What you are asked to do: Scan the listing and copy each line where the word "Carries" is present.

Data provided:

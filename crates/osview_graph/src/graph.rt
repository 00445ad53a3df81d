ghost use Rattle.std.specs.Prelude.{◌≡◌, ◌++◌, IfOk, OnOk};
ghost use Rattle.osview_graph.specs.Drawing.{IsDrawn, run_of, shown_of};
ghost use Rattle.osview_graph.specs.Graph.{activation_graph, graph_of, stream_graph};

use crate::arrows::add_arrows;
use crate::drawn::{Drawn, GraphChoice};
use crate::links::{Range, add_shown};
use crate::streams::add_ellipses;
use crate::tasks::add_boxes;
use os_io::Memory;
use osview_text::Text;
use std::alloc::Global;

/// Adds the graph of tasks and streams.
fn add_streams(alloc: Global, told: &mut Text, drawn: &Drawn<'_>) -> Result<(), Memory>
    requires { IsDrawn drawn.now }
    ensures { OnOk result (told.new ≡ told.old ++ stream_graph (run_of drawn.now)) }
{
    told.add(b"digraph streams {\n  node [fontname=\"sans-serif\"];\n")?;
    add_boxes(alloc, told, drawn)?;
    add_ellipses(alloc, told, drawn)?;
    add_arrows(alloc, told, drawn)?;
    told.add(b"}\n")
}

/// Adds the graph of some activations.
fn add_activations(told: &mut Text, drawn: &Drawn<'_>, shown: Range) -> Result<(), Memory>
    requires { IsDrawn drawn.now }
    ensures { OnOk result (told.new ≡ told.old ++ activation_graph (run_of drawn.now) (shown_of shown)) }
{
    told.add(b"digraph activations {\n  node [shape=box, fontname=\"sans-serif\"];\n")?;
    told.add(b"  input [shape=ellipse];\n")?;
    add_shown(told, drawn, shown)?;
    told.add(b"}\n")
}

/// The graph of a run as Graphviz text: that of its tasks and streams, or that of some of its activations.
#[tactic(auto, unfolding(crate::specs::Graph::graph_of))]
pub fn graph_text(alloc: Global, drawn: &Drawn<'_>, view: GraphChoice) -> Result<Text, Memory>
    requires { IsDrawn drawn.now }
    ensures { IfOk result (λ told. told ≡ graph_of (run_of drawn.now) view) }
{
    let mut told = Text::new(alloc);
    match view {
        GraphChoice::Streams => add_streams(alloc, &mut told, drawn)?,
        GraphChoice::Activations { first, end } => {
            add_activations(&mut told, drawn, Range { first, end })?
        }
    }
    Ok(told)
}
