ghost use Rattle.std.specs.Prelude.{◌≡◌, ◌+◌, ◌^◌, ◌<◌, ◌≤◌, [], ◌∷◌, ◌++◌, All, List, OnOk, length, map, filter, nat_le, slice_index, ◌&&◌};
ghost use Rattle.std.specs.List.{flat_map};
ghost use Rattle.flow_core_laws.specs.declared.activation.Activation.{Activation};
ghost use Rattle.flow_core_laws.specs.declared.place.Place.{Place};
ghost use Rattle.flow_core_laws.specs.Place.{places_from};
ghost use Rattle.stream_match_layouts.specs.Layout.{IsLayout, IsLayoutOf};
ghost use Rattle.stream_match_layouts.specs.Spans.{frame_count};
ghost use Rattle.flow_core_epochs.specs.Epoch.{elements_at, carried_over};
ghost use Rattle.stream_match.specs.declared.stretch.Stretch.{Stretch};
ghost use Rattle.stream_match.specs.Kept.{kept_of};
ghost use Rattle.stream_match.specs.Stretch.{stretch_places};
ghost use Rattle.epoch_run_carrying.specs.Carrying.{is_behind, carried_by, passed_over};

use flow_core_laws::Elem;
use os_io::Memory;
use std::alloc::Global;
use stream_match::{Kept, Layout, Stretch, read_cursors};

/// Leaves of the elements that were kept for an epoch what is carried over from it, where it leaves some frames open, by a layout
/// of all activations so far, and adds what is carried over of those that left it: the values are those of the first stretch,
/// then those of the second, and so on. With nothing kept and nothing that left it looks at no activation. After `Memory` any of
/// them may be missing.
pub fn carry_over(
    alloc: Global,
    layout: &Layout,
    open_frames: &[u32],
    kept: &mut Vec<Kept>,
    leaves: &[Stretch],
    values: &[Option<Elem>],
) -> Result<(), Memory>
    requires layout { IsLayout layout.now }
    requires exist { All (λ f. f < frame_count layout.now) open_frames.now }
    requires kept_exist { All (λ k. k.stream < length layout.now.writers) kept.old.items }
    requires small { All (λ (s : Stretch). s.first + s.count < 2 ^ 64) leaves.now }
    requires places_exist { All (λ (p : Place). p.stream < length layout.now.writers) (flat_map stretch_places leaves.now) }
    requires as_many { length values.now ≡ length (flat_map stretch_places leaves.now) }
    ensures { OnOk result ((activations : List Activation) → IsLayoutOf layout.now activations
        → map kept_of kept.new.items
        ≡ carried_over activations open_frames.now (map kept_of kept.old.items) (flat_map stretch_places leaves.now) values.now) }
{
    if kept.is_empty() && leaves.is_empty() {
        return Ok(());
    }
    let cursors = read_cursors(alloc, layout, open_frames)?;
    carry(cursors.as_slice(), kept, leaves, values)?;
    Ok(())
}

/// Leaves what is carried over by the cursors of the streams: of the elements that were kept and of those that left an epoch,
/// the ones on declared streams at the cursors or behind.
fn carry(
    cursors: &[u64],
    kept: &mut Vec<Kept>,
    leaves: &[Stretch],
    values: &[Option<Elem>],
) -> Result<(), Memory>
    requires small { All (λ (s : Stretch). s.first + s.count < 2 ^ 64) leaves.now }
    requires as_many { length values.now ≡ length (flat_map stretch_places leaves.now) }
    ensures { OnOk result (map kept_of kept.new.items
        ≡ carried_by cursors.now (map kept_of kept.old.items) (flat_map stretch_places leaves.now) values.now) }
{
    leave_behind(kept, cursors);
    carry_left(kept, cursors, leaves, values)
}

/// Leaves those of the kept elements that may still be read.
fn leave_behind(kept: &mut Vec<Kept>, cursors: &[u64])
    ensures { map kept_of kept.new.items ≡ filter (is_behind cursors.now) (map kept_of kept.old.items) }
{
    kept.retain(|k| may_be_read(cursors, k.stream, k.position));
}

/// Whether a position of a stream may still be read: it is of a declared stream, and at the cursor or behind.
fn may_be_read(cursors: &[u64], stream: u32, position: u64) -> bool
    ensures { result ≡ (nat_le 2 stream && nat_le (slice_index cursors.now stream) position) }
{
    stream >= 2 && position >= cursor_of(cursors, stream as usize)
}

/// The cursor of a stream, and 0 where it has none.
pub fn cursor_of(cursors: &[u64], stream: usize) -> u64
    ensures { result ≡ slice_index cursors.now stream }
{
    match cursors.get(stream) {
        Some(cursor) => *cursor,
        None => 0,
    }
}

/// Carries over the elements that left.
fn carry_left(
    carried: &mut Vec<Kept>,
    cursors: &[u64],
    leaves: &[Stretch],
    values: &[Option<Elem>],
) -> Result<(), Memory>
    requires small { All (λ (s : Stretch). s.first + s.count < 2 ^ 64) leaves.now }
    requires as_many { length values.now ≡ length (flat_map stretch_places leaves.now) }
    ensures { OnOk result (map kept_of carried.new.items ≡ map kept_of carried.old.items
        ++ filter (is_behind cursors.now) (elements_at (flat_map stretch_places leaves.now) values.now)) }
{
    let mut at = 0;
    for leaving in leaves {
        let end = at + leaving.count as usize;
        carry_stretch(carried, cursors, *leaving, &values[at..end])?;
        at = end;
    }
    Ok(())
}

/// Carries over the elements of a stretch, those of them that are there and may still be read.
fn carry_stretch(
    carried: &mut Vec<Kept>,
    cursors: &[u64],
    leaving: Stretch,
    values: &[Option<Elem>],
) -> Result<(), Memory>
    requires small { leaving.first + leaving.count < 2 ^ 64 }
    requires as_many { length values.now ≡ leaving.count }
    ensures { OnOk result (map kept_of carried.new.items ≡ map kept_of carried.old.items
        ++ filter (is_behind cursors.now) (elements_at (stretch_places leaving) values.now)) }
{
    let passed = passed_over(cursors, leaving);
    if passed == leaving.count {
        return Ok(());
    }
    let first = leaving.first + u64::from(passed);
    add_elements(carried, leaving.stream, first, &values[passed as usize..])?;
    Ok(())
}

/// How many positions of a stretch lie before the first one that may still be read: all, where its stream isn't a declared one.
fn passed_over(cursors: &[u64], leaving: Stretch) -> u32
    ensures within { result ≤ leaving.count }
    ensures passed { result ≡ passed_over cursors.now leaving }
{
    if leaving.stream < 2 {
        return leaving.count;
    }
    let before = cursor_of(cursors, leaving.stream as usize).saturating_sub(leaving.first);
    before.min(u64::from(leaving.count)) as u32
}

/// Adds the elements at positions of a stream from a first one on, those that are there. After `Memory` some of them may be missing.
pub fn add_elements(
    carried: &mut Vec<Kept>,
    stream: u32,
    first: u64,
    values: &[Option<Elem>],
) -> Result<(), Memory>
    requires { first + length values.now < 2 ^ 64 }
    ensures { OnOk result (map kept_of carried.new.items ≡ map kept_of carried.old.items
        ++ elements_at (places_from stream first (length values.now)) values.now) }
{
    for (number, value) in values.iter().enumerate() {
        add_element(carried, stream, first + number as u64, *value)?;
    }
    Ok(())
}

/// Adds the element at a position of a stream, if it is there.
fn add_element(
    carried: &mut Vec<Kept>,
    stream: u32,
    position: u64,
    value: Option<Elem>,
) -> Result<(), Memory>
    ensures { OnOk result (map kept_of carried.new.items ≡ map kept_of carried.old.items
        ++ elements_at (record { stream = stream; position = position } ∷ []) (value ∷ [])) }
{
    let Some(value) = value else {
        return Ok(());
    };
    carried.push(Kept {
        stream,
        position,
        value,
    })?;
    Ok(())
}
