ghost use Rattle.std.specs.Prelude.{◌≡◌, ◌<◌, ◌≤◌, ◌+◌, ◌-◌, ◌++◌, ◌^◌, OnOk, length, max};
ghost use Rattle.std.specs.List.{flat_map, range_with_len};
ghost use Rattle.flow_core_laws.specs.Window.{Window};
ghost use Rattle.osview_graph.specs.Drawing.{IsDrawn, run_of, shown_of};
ghost use Rattle.osview_graph.specs.Links.{activation_text, box, box_text, first_window, input_link, is_shown, link, link_at, links_of, outer_box};
ghost use Rattle.osview_graph.specs.Links.{positions_text, shown_text, window_links};
ghost use Rattle.stream_match_layouts.specs.Layout.{span_of};

use crate::drawn::Drawn;
use crate::ending::end_word;
use crate::labels::add_name;
use collector::producer;
use os_io::Memory;
use osview_text::Text;
use stream_match_layouts::Span;

/// The activations that are shown: from a number on, to the one before another.
#[derive(Clone, Copy, Debug)]
pub(crate) struct Range {
    pub(crate) first: u64,
    pub(crate) end: u64,
}

impl Range {
    /// Whether an activation is shown.
    fn shows(self, activation: u64) -> bool
        ensures { result ≡ is_shown (shown_of self) activation }
    {
        self.first <= activation && activation < self.end
    }
}

/// Adds what a box of an activation says.
fn add_box_text(told: &mut Text, drawn: &Drawn<'_>, activation: u64) -> Result<(), Memory>
    ensures { OnOk result (told.new ≡ told.old ++ box_text (run_of drawn.now) activation) }
{
    told.field(b"label=\"", activation)?;
    let line = drawn.line_at(u64::from(drawn.task_at(activation)));
    told.field(b": line ", u64::from(line))?;
    told.add(b"\\n")?;
    told.add(end_word(drawn.end_at(activation)))?;
    told.add(b"\"];\n")
}

/// Adds the box of an activation that is shown.
fn add_box(told: &mut Text, drawn: &Drawn<'_>, activation: u64) -> Result<(), Memory>
    ensures { OnOk result (told.new ≡ told.old ++ box (run_of drawn.now) activation) }
{
    told.field(b"  a", activation)?;
    told.add(b" [")?;
    add_box_text(told, drawn, activation)
}

/// Adds the dashed box of an activation, where it isn't shown.
fn add_outer_box(
    told: &mut Text,
    drawn: &Drawn<'_>,
    shown: Range,
    activation: u64,
) -> Result<(), Memory>
    ensures { OnOk result (told.new ≡ told.old ++ outer_box (run_of drawn.now) (shown_of shown) activation) }
{
    if shown.shows(activation) {
        return Ok(());
    }
    told.field(b"  a", activation)?;
    told.add(b" [style=dashed, ")?;
    add_box_text(told, drawn, activation)
}

/// Adds the label of an arrow.
fn add_positions(
    told: &mut Text,
    drawn: &Drawn<'_>,
    stream: u32,
    first: u64,
    end: u64,
) -> Result<(), Memory>
    ensures { OnOk result (told.new ≡ told.old ++ positions_text (run_of drawn.now) stream first end) }
{
    told.add(b" [label=\"")?;
    add_name(told, drawn.text, drawn.names, stream)?;
    told.field(b"[", first)?;
    told.field(b"..", end)?;
    told.add(b"]\"];\n")
}

/// Adds the arrow from a window that writes to one that reads, from a position on.
fn add_link(
    told: &mut Text,
    drawn: &Drawn<'_>,
    shown: Range,
    reader: Span,
    writer: Span,
    position: u64,
) -> Result<(), Memory>
    requires small { reader.first + reader.count < 2 ^ 64 }
    requires first { position ≡ max reader.first writer.first }
    requires read { position < reader.first + reader.count }
    requires written { position < writer.first + writer.count }
    ensures { (r w : Window) → reader ≡ span_of r → writer ≡ span_of w
        → OnOk result (told.new ≡ told.old ++ link (run_of drawn.now) (shown_of shown) r w) }
{
    add_outer_box(told, drawn, shown, u64::from(writer.frame))?;
    told.field(b"  a", u64::from(writer.frame))?;
    told.field(b" -> a", u64::from(reader.frame))?;
    let read = reader.first + u64::from(reader.count) - position;
    let written = u64::from(writer.count) - (position - writer.first);
    add_positions(
        told,
        drawn,
        reader.stream,
        position,
        position + read.min(written),
    )
}

/// Adds an arrow where a position is the first one of those that its producer gives a window.
fn add_link_at(
    told: &mut Text,
    drawn: &Drawn<'_>,
    shown: Range,
    reader: Span,
    position: u64,
) -> Result<(), Memory>
    requires drawn { IsDrawn drawn.now }
    requires exists { reader.stream < length drawn.now.layout.now.writers }
    requires small { reader.first + reader.count < 2 ^ 64 }
    requires read { position < reader.first + reader.count }
    ensures { (r : Window) → reader ≡ span_of r
        → OnOk result (told.new ≡ told.old ++ link_at (run_of drawn.now) (shown_of shown) r position) }
{
    let Some(writer) = producer(drawn.layout, reader.stream, position) else {
        return Ok(());
    };
    if position == reader.first.max(writer.first) {
        add_link(told, drawn, shown, reader, writer, position)
    } else {
        Ok(())
    }
}

/// Adds the arrows from those that write what a window reads.
fn add_writers(told: &mut Text, drawn: &Drawn<'_>, shown: Range, reader: Span) -> Result<(), Memory>
    requires drawn { IsDrawn drawn.now }
    requires exists { reader.stream < length drawn.now.layout.now.writers }
    requires small { reader.first + reader.count < 2 ^ 64 }
    ensures { (r : Window) → reader ≡ span_of r → OnOk result (told.new ≡ told.old
        ++ flat_map (link_at (run_of drawn.now) (shown_of shown) r) (range_with_len r.first r.claim.horizon)) }
{
    for position in reader.first..reader.first + u64::from(reader.count) {
        add_link_at(told, drawn, shown, reader, position)?;
    }
    Ok(())
}

/// Adds the arrow from the input to a window that reads some of it.
fn add_input_link(told: &mut Text, drawn: &Drawn<'_>, reader: Span) -> Result<(), Memory>
    requires { reader.first + reader.count < 2 ^ 64 }
    ensures { (r : Window) → reader ≡ span_of r → OnOk result (told.new ≡ told.old ++ input_link (run_of drawn.now) r) }
{
    let input_len = u64::from(drawn.layout.input_len);
    if reader.first < input_len {
        told.field(b"  input -> a", u64::from(reader.frame))?;
        let end = reader.first + u64::from(reader.count);
        add_positions(told, drawn, 0, reader.first, end.min(input_len))
    } else {
        Ok(())
    }
}

/// Adds the arrows to a window, if it reads.
fn add_links(told: &mut Text, drawn: &Drawn<'_>, shown: Range, span: Span) -> Result<(), Memory>
    requires drawn { IsDrawn drawn.now }
    requires exists { span.stream < length drawn.now.layout.now.writers }
    requires small { span.first + span.count < 2 ^ 64 }
    ensures { (w : Window) → span ≡ span_of w
        → OnOk result (told.new ≡ told.old ++ window_links (run_of drawn.now) (shown_of shown) w) }
{
    if span.write {
        Ok(())
    } else if span.stream == 0 {
        add_input_link(told, drawn, span)
    } else {
        add_writers(told, drawn, shown, span)
    }
}

/// Adds the arrows to the windows from a number on, to the one before another.
fn add_windows(
    told: &mut Text,
    drawn: &Drawn<'_>,
    shown: Range,
    first: usize,
    end: usize,
) -> Result<(), Memory>
    requires drawn { IsDrawn drawn.now }
    requires ordered { first ≤ end }
    requires exist { end ≤ length drawn.now.layout.now.spans }
    ensures { OnOk result (told.new ≡ told.old
        ++ flat_map (links_of (run_of drawn.now) (shown_of shown)) (range_with_len first (end - first))) }
{
    for number in first..end {
        add_links(told, drawn, shown, drawn.layout.span(number))?;
    }
    Ok(())
}

/// Where the windows of an activation begin.
fn first_window(drawn: &Drawn<'_>, activation: u64) -> usize
    requires drawn { IsDrawn drawn.now }
    requires exists { activation ≤ length drawn.now.activations.now }
    ensures { result ≡ first_window (run_of drawn.now) activation }
{
    drawn.layout.starts.as_slice()[activation as usize] as usize
}

/// Adds the box of an activation, and the arrows to its windows.
fn add_activation(
    told: &mut Text,
    drawn: &Drawn<'_>,
    shown: Range,
    activation: u64,
) -> Result<(), Memory>
    requires drawn { IsDrawn drawn.now }
    requires exists { activation < length drawn.now.activations.now }
    ensures { OnOk result (told.new ≡ told.old ++ activation_text (run_of drawn.now) (shown_of shown) activation) }
{
    add_box(told, drawn, activation)?;
    let first = first_window(drawn, activation);
    let end = first_window(drawn, activation + 1);
    add_windows(told, drawn, shown, first, end)
}

/// Adds the activations that are shown.
pub(crate) fn add_shown(told: &mut Text, drawn: &Drawn<'_>, shown: Range) -> Result<(), Memory>
    requires { IsDrawn drawn.now }
    ensures { OnOk result (told.new ≡ told.old ++ shown_text (run_of drawn.now) (shown_of shown)) }
{
    let end = shown
        .end
        .min(drawn.activations.len() as u64)
        .max(shown.first);
    for activation in shown.first..end {
        add_activation(told, drawn, shown, activation)?;
    }
    Ok(())
}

Finished task:
/// Carries over the elements that left.
/// Carries over the elements of a stretch, those of them that are there and may still be read.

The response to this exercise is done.